I've written here before about my son's grotesque eating habits, which mostly involve grabbing great fistfuls of food and shoving them into his mouth, then doing his little tic-like hand-shake thing and strewing bits of rice and vegetable all over the kitchen and sometimes into Mama's hair. I've also written about the recent behavior management seminar I went to that advocated changing behavior by changing the antecedent or changing the consequence. Easier said than done, I concluded, and what a pain to have a constantly full bag of tricks.
My particular magic bag had run out on the eating issue. My husband thinks I'm too understanding, but I do know how hard it is for this boy to wield a fork. With his much-delayed fine-motor skills and low muscle tone, it must seem to him a ridiculous way to get at that food he wants so much. Part of his stuff-and-run strategy must be to get as much food in his belly as he can before someone gives him a time-out. I try to explain to my husband that he would probably do the same thing if he had to eat with chopsticks every day. But the fact is, the boy is almost 8, and really, he's got to start eating neat.
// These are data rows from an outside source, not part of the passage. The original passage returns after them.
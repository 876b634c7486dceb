//! What a text begins with.
ghost use Rattle.std.specs.Prelude.{◌≡◌, ◌≢◌, ◌∷◌, ◌++◌, ℕ, Bool, List, MatchOption};
ghost use Rattle.refutation_text.specs.Texts.{bit_byte, implied_text, literal_text, move_text, pairs_text, reason_text, IsImplied, IsLiteral, IsMove, IsReason};
ghost use Rattle.refutation_text.specs.inner.Parts.{last_text, numbered, IsAt, IsMark, IsSmall, NoneAt};
ghost use Rattle.refutation.specs.declared.pairs.Pairs.{Pairs};

use netlist::SignalId;
use plain_text::{number, split_at};
use refutation::{Implied, Literal, Move, Pairs, Reason};

/// The number that stands before the first mark, and what comes behind the mark.
fn number_at(text: &[u8], mark: u8) -> Option<(u32, &[u8])>
    requires { IsMark mark }
    ensures { MatchOption result (NoneAt (numbered mark) IsSmall text.now) (λ p. IsAt (numbered mark) IsSmall text.now p.0 p.1.now) }
{
    let Some(parts) = split_at(text, mark) else {
        return None;
    };
    let Some(k) = number(parts.0) else {
        return None;
    };
    if k < 4294967296 {
        Some((k as u32, parts.1))
    } else {
        None
    }
}

fn bit_at(text: &[u8]) -> Option<(bool, &[u8])>
    ensures { MatchOption result ((b : Bool) (r : List ℕ) → text.now ≢ bit_byte b ∷ r) (λ p. text.now ≡ bit_byte p.0 ∷ p.1.now) }
{
    match text.strip_prefix(b"0") {
        Some(rest) => Some((false, rest)),
        None => match text.strip_prefix(b"1") {
            Some(behind) => Some((true, behind)),
            None => None,
        },
    }
}

fn pairs_at(text: &[u8]) -> Option<(Pairs, &[u8])>
    ensures { MatchOption result ((p : Pairs) (r : List ℕ) → text.now ≢ pairs_text p ++ r) (λ p. text.now ≡ pairs_text p.0 ++ p.1.now) }
{
    let Some(zero) = bit_at(text) else {
        return None;
    };
    let Some(rises) = bit_at(zero.1) else {
        return None;
    };
    let Some(falls) = bit_at(rises.1) else {
        return None;
    };
    let Some(one) = bit_at(falls.1) else {
        return None;
    };
    let Some(rest) = one.1.strip_prefix(b" ") else {
        return None;
    };
    let pairs = Pairs {
        zero: zero.0,
        rises: rises.0,
        falls: falls.0,
        one: one.0,
    };
    Some((pairs, rest))
}

pub(crate) fn literal_at(text: &[u8]) -> Option<(Literal, &[u8])>
    ensures { MatchOption result (NoneAt literal_text IsLiteral text.now) (λ p. IsAt literal_text IsLiteral text.now p.0 p.1.now) }
{
    let Some(signal) = number_at(text, b':') else {
        return None;
    };
    let Some(pairs) = pairs_at(signal.1) else {
        return None;
    };
    let literal = Literal {
        signal: SignalId(signal.0),
        pairs: pairs.0,
    };
    Some((literal, pairs.1))
}

/// The reason behind `=`.
fn gate_at(text: &[u8]) -> Option<(Reason, &[u8])>
    ensures { MatchOption result (NoneAt reason_text IsReason (61 ∷ text.now)) (λ p. IsAt reason_text IsReason (61 ∷ text.now) p.0 p.1.now) }
{
    match number_at(text, b' ') {
        Some(gate) => Some((Reason::Gate(SignalId(gate.0)), gate.1)),
        None => None,
    }
}

/// The reason behind `*`.
fn lemma_at(text: &[u8]) -> Option<(Reason, &[u8])>
    ensures { MatchOption result (NoneAt reason_text IsReason (42 ∷ text.now)) (λ p. IsAt reason_text IsReason (42 ∷ text.now) p.0 p.1.now) }
{
    match number_at(text, b' ') {
        Some(lemma) => Some((Reason::Lemma(lemma.0), lemma.1)),
        None => None,
    }
}

fn reason_at(text: &[u8]) -> Option<(Reason, &[u8])>
    ensures { MatchOption result (NoneAt reason_text IsReason text.now) (λ p. IsAt reason_text IsReason text.now p.0 p.1.now) }
{
    if let Some(rest) = text.strip_prefix(b"! ") {
        return Some((Reason::Way, rest));
    }
    if let Some(rest) = text.strip_prefix(b"~ ") {
        return Some((Reason::Gates, rest));
    }
    if let Some(gate) = text.strip_prefix(b"=") {
        return gate_at(gate);
    }
    match text.strip_prefix(b"*") {
        Some(lemma) => lemma_at(lemma),
        None => None,
    }
}

fn implied_at(text: &[u8]) -> Option<(Implied, &[u8])>
    ensures { MatchOption result (NoneAt implied_text IsImplied text.now) (λ p. IsAt implied_text IsImplied text.now p.0 p.1.now) }
{
    let Some(literal) = literal_at(text) else {
        return None;
    };
    let Some(reason) = reason_at(literal.1) else {
        return None;
    };
    let implied = Implied {
        literal: literal.0,
        reason: reason.0,
    };
    Some((implied, reason.1))
}

pub(crate) fn move_at(text: &[u8]) -> Option<(Move, &[u8])>
    ensures { MatchOption result (NoneAt move_text IsMove text.now) (λ p. IsAt move_text IsMove text.now p.0 p.1.now) }
{
    if let Some(rest) = text.strip_prefix(b"~ ") {
        return Some((Move::Sweep, rest));
    }
    match implied_at(text) {
        Some(implied) => Some((Move::Imply(implied.0), implied.1)),
        None => None,
    }
}

pub(crate) fn last_at(text: &[u8]) -> Option<(Reason, &[u8])>
    ensures { MatchOption result (NoneAt last_text IsReason text.now) (λ p. IsAt last_text IsReason text.now p.0 p.1.now) }
{
    let Some(reason) = reason_at(text) else {
        return None;
    };
    match reason.1.strip_prefix(b")") {
        Some(rest) => Some((reason.0, rest)),
        None => None,
    }
}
I tried changing the antecedent by ordering some "plate bumpers" that attach to a normal plate and give an insecure fork-user a place to push the food against. While waiting for them to arrive, I thought about consequences. What possible thing could this kid want that would override his deepseated antipathy to flatware?
Then it hit me: Capri Sun Coolers.
Those are three words I hear daily, hourly, constantly. My son wants them, bad. He wants them for the cool foil pouch. He wants them for the tasty juice inside. But mostly, he wants them because all the other kids in his self-contained class have them, and when snack time rolls around he's way jealous. Every time a Capri Sun Cooler commercial comes on, every time we go to the store, every time I make his snack, I hear it: "Mom, can we get Capri Sun Coolers?"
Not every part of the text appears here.